BEGIN Exercise data
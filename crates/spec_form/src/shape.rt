//! The shapes of forms, and the fields of each.

ghost use Rattle.std.specs.Prelude.{◌≡◌};
ghost use Rattle.spec_form.specs.Shapes.{fields_of, kind_in, kind_of, seen_rows};

/// What a form is of.
#[derive(Clone, Copy, PartialEq, Eq)]
pub enum Shape {
    /// A client (`p4 client`).
    Client,
    /// A label (`p4 label`).
    Label,
    /// A group (`p4 group`).
    Group,
    /// The protections table (`p4 protect`).
    Protect,
    /// A changelist (`p4 change`).
    Change,
    /// A file that is shelved in a pending changelist.
    Shelf,
    /// A job (`p4 job`).
    Job,
    /// A job that a changelist fixes.
    Fix,
}

/// How many lines a field has.
#[derive(Clone, Copy, PartialEq, Eq)]
pub enum FieldKind {
    /// At most one, behind its name.
    Single,
    /// Any number, each on a line of its own.
    Lines,
}

/// A field that a shape may have: its name, its kind, and whether each form of the shape has it.
pub type FieldRow = (&'static [u8], FieldKind, bool);

const CLIENT: [FieldRow; 11] = [
    (b"Client", FieldKind::Single, true),
    (b"Update", FieldKind::Single, false),
    (b"Access", FieldKind::Single, false),
    (b"Owner", FieldKind::Single, false),
    (b"Host", FieldKind::Single, false),
    (b"Description", FieldKind::Lines, false),
    (b"Root", FieldKind::Single, false),
    (b"Options", FieldKind::Single, false),
    (b"SubmitOptions", FieldKind::Single, false),
    (b"LineEnd", FieldKind::Single, false),
    (b"View", FieldKind::Lines, true),
];

const LABEL: [FieldRow; 8] = [
    (b"Label", FieldKind::Single, true),
    (b"Update", FieldKind::Single, false),
    (b"Access", FieldKind::Single, false),
    (b"Owner", FieldKind::Single, false),
    (b"Description", FieldKind::Lines, false),
    (b"Options", FieldKind::Single, false),
    (b"Revision", FieldKind::Single, false),
    (b"View", FieldKind::Lines, false),
];

const GROUP: [FieldRow; 11] = [
    (b"Group", FieldKind::Single, true),
    (b"MaxResults", FieldKind::Single, false),
    (b"MaxScanRows", FieldKind::Single, false),
    (b"MaxLockTime", FieldKind::Single, false),
    (b"MaxOpenFiles", FieldKind::Single, false),
    (b"MaxMemory", FieldKind::Single, false),
    (b"Timeout", FieldKind::Single, false),
    (b"PasswordTimeout", FieldKind::Single, false),
    (b"Subgroups", FieldKind::Lines, false),
    (b"Owners", FieldKind::Lines, false),
    (b"Users", FieldKind::Lines, false),
];

const PROTECT: [FieldRow; 1] = [(b"Protections", FieldKind::Lines, true)];

const CHANGE: [FieldRow; 11] = [
    (b"Change", FieldKind::Single, true),
    (b"Date", FieldKind::Single, false),
    (b"Client", FieldKind::Single, false),
    (b"User", FieldKind::Single, false),
    (b"Status", FieldKind::Single, false),
    (b"Type", FieldKind::Single, false),
    (b"ImportedBy", FieldKind::Single, false),
    (b"Identity", FieldKind::Single, false),
    (b"Description", FieldKind::Lines, true),
    (b"Jobs", FieldKind::Lines, false),
    (b"Files", FieldKind::Lines, false),
];

const SHELF: [FieldRow; 11] = [
    (b"Path", FieldKind::Single, true),
    (b"Change", FieldKind::Single, true),
    (b"Client", FieldKind::Single, false),
    (b"User", FieldKind::Single, false),
    (b"State", FieldKind::Single, true),
    (b"Action", FieldKind::Single, false),
    (b"Type", FieldKind::Single, false),
    (b"Base", FieldKind::Single, false),
    (b"From", FieldKind::Single, false),
    (b"FromRev", FieldKind::Single, false),
    (b"Content", FieldKind::Single, false),
];

const JOB: [FieldRow; 5] = [
    (b"Job", FieldKind::Single, true),
    (b"Status", FieldKind::Single, true),
    (b"User", FieldKind::Single, true),
    (b"Date", FieldKind::Single, false),
    (b"Description", FieldKind::Lines, true),
];

const FIX: [FieldRow; 4] = [
    (b"Job", FieldKind::Single, true),
    (b"Change", FieldKind::Single, true),
    (b"User", FieldKind::Single, true),
    (b"State", FieldKind::Single, true),
];

/// The kind of a field, where these rows have one of the name.
fn kind_among(mut rows: &[FieldRow], name: &[u8]) -> Option<FieldKind>
    ensures { result ≡ kind_in (seen_rows rows.entry.now) name.now }
{
    while let [row, rest @ ..] = rows {
        if row.0 == name {
            return Some(row.1);
        }
        rows = rest;
    }
    None
}

impl Shape {
    /// The fields that a form of this shape may have.
    #[tactic(auto, unfolding(crate::specs::Shapes::fields_of))]
    pub fn rows(self) -> &'static [FieldRow]
        ensures { seen_rows result.now ≡ fields_of self }
    {
        match self {
            Shape::Client => &CLIENT,
            Shape::Label => &LABEL,
            Shape::Group => &GROUP,
            Shape::Protect => &PROTECT,
            Shape::Change => &CHANGE,
            Shape::Shelf => &SHELF,
            Shape::Job => &JOB,
            Shape::Fix => &FIX,
        }
    }

    /// The kind of a field, where forms of this shape may have it.
    pub fn kind(self, name: &[u8]) -> Option<FieldKind>
        ensures { result ≡ kind_of self name.now }
    {
        kind_among(self.rows(), name)
    }
}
END Exercise data
Exercise brief → Please quote the records above exactly, without skipping a line.

Answer space →
filename crates/spec_form/src/shape.rt
//! The shapes of forms, and the fields of each.

ghost use Rattle.std.specs.Prelude.{◌≡◌};
ghost use Rattle.spec_form.specs.Shapes.{fields_of, kind_in, kind_of, seen_rows};

/// What a form is of.
#[derive(Clone, Copy, PartialEq, Eq)]
pub enum Shape {
    /// A client (`p4 client`).
    Client,
    /// A label (`p4 label`).
    Label,
    /// A group (`p4 group`).
    Group,
    /// The protections table (`p4 protect`).
    Protect,
    /// A changelist (`p4 change`).
    Change,
    /// A file that is shelved in a pending changelist.
    Shelf,
    /// A job (`p4 job`).
    Job,
    /// A job that a changelist fixes.
    Fix,
}

/// How many lines a field has.
#[derive(Clone, Copy, PartialEq, Eq)]
pub enum FieldKind {
    /// At most one, behind its name.
    Single,
    /// Any number, each on a line of its own.
    Lines,
}

/// A field that a shape may have: its name, its kind, and whether each form of the shape has it.
pub type FieldRow = (&'static [u8], FieldKind, bool);

const CLIENT: [FieldRow; 11] = [
    (b"Client", FieldKind::Single, true),
    (b"Update", FieldKind::Single, false),
    (b"Access", FieldKind::Single, false),
    (b"Owner", FieldKind::Single, false),
    (b"Host", FieldKind::Single, false),
    (b"Description", FieldKind::Lines, false),
    (b"Root", FieldKind::Single, false),
    (b"Options", FieldKind::Single, false),
    (b"SubmitOptions", FieldKind::Single, false),
    (b"LineEnd", FieldKind::Single, false),
    (b"View", FieldKind::Lines, true),
];

const LABEL: [FieldRow; 8] = [
    (b"Label", FieldKind::Single, true),
    (b"Update", FieldKind::Single, false),
    (b"Access", FieldKind::Single, false),
    (b"Owner", FieldKind::Single, false),
    (b"Description", FieldKind::Lines, false),
    (b"Options", FieldKind::Single, false),
    (b"Revision", FieldKind::Single, false),
    (b"View", FieldKind::Lines, false),
];

const GROUP: [FieldRow; 11] = [
    (b"Group", FieldKind::Single, true),
    (b"MaxResults", FieldKind::Single, false),
    (b"MaxScanRows", FieldKind::Single, false),
    (b"MaxLockTime", FieldKind::Single, false),
    (b"MaxOpenFiles", FieldKind::Single, false),
    (b"MaxMemory", FieldKind::Single, false),
    (b"Timeout", FieldKind::Single, false),
    (b"PasswordTimeout", FieldKind::Single, false),
    (b"Subgroups", FieldKind::Lines, false),
    (b"Owners", FieldKind::Lines, false),
    (b"Users", FieldKind::Lines, false),
];

const PROTECT: [FieldRow; 1] = [(b"Protections", FieldKind::Lines, true)];

const CHANGE: [FieldRow; 11] = [
    (b"Change", FieldKind::Single, true),
    (b"Date", FieldKind::Single, false),
    (b"Client", FieldKind::Single, false),
    (b"User", FieldKind::Single, false),
    (b"Status", FieldKind::Single, false),
    (b"Type", FieldKind::Single, false),
    (b"ImportedBy", FieldKind::Single, false),
    (b"Identity", FieldKind::Single, false),
    (b"Description", FieldKind::Lines, true),
    (b"Jobs", FieldKind::Lines, false),
    (b"Files", FieldKind::Lines, false),
];

const SHELF: [FieldRow; 11] = [
    (b"Path", FieldKind::Single, true),
    (b"Change", FieldKind::Single, true),
    (b"Client", FieldKind::Single, false),
    (b"User", FieldKind::Single, false),
    (b"State", FieldKind::Single, true),
    (b"Action", FieldKind::Single, false),
    (b"Type", FieldKind::Single, false),
    (b"Base", FieldKind::Single, false),
    (b"From", FieldKind::Single, false),
    (b"FromRev", FieldKind::Single, false),
    (b"Content", FieldKind::Single, false),
];

const JOB: [FieldRow; 5] = [
    (b"Job", FieldKind::Single, true),
    (b"Status", FieldKind::Single, true),
    (b"User", FieldKind::Single, true),
    (b"Date", FieldKind::Single, false),
    (b"Description", FieldKind::Lines, true),
];

const FIX: [FieldRow; 4] = [
    (b"Job", FieldKind::Single, true),
    (b"Change", FieldKind::Single, true),
    (b"User", FieldKind::Single, true),
    (b"State", FieldKind::Single, true),
];

/// The kind of a field, where these rows have one of the name.
fn kind_among(mut rows: &[FieldRow], name: &[u8]) -> Option<FieldKind>
    ensures { result ≡ kind_in (seen_rows rows.entry.now) name.now }
{
    while let [row, rest @ ..] = rows {
        if row.0 == name {
            return Some(row.1);
        }
        rows = rest;
    }
    None
}

impl Shape {
    /// The fields that a form of this shape may have.
    #[tactic(auto, unfolding(crate::specs::Shapes::fields_of))]
    pub fn rows(self) -> &'static [FieldRow]
        ensures { seen_rows result.now ≡ fields_of self }
    {
        match self {
            Shape::Client => &CLIENT,
            Shape::Label => &LABEL,
            Shape::Group => &GROUP,
            Shape::Protect => &PROTECT,
            Shape::Change => &CHANGE,
            Shape::Shelf => &SHELF,
            Shape::Job => &JOB,
            Shape::Fix => &FIX,
        }
    }

    /// The kind of a field, where forms of this shape may have it.
    pub fn kind(self, name: &[u8]) -> Option<FieldKind>
        ensures { result ≡ kind_of self name.now }
    {
        kind_among(self.rows(), name)
    }
}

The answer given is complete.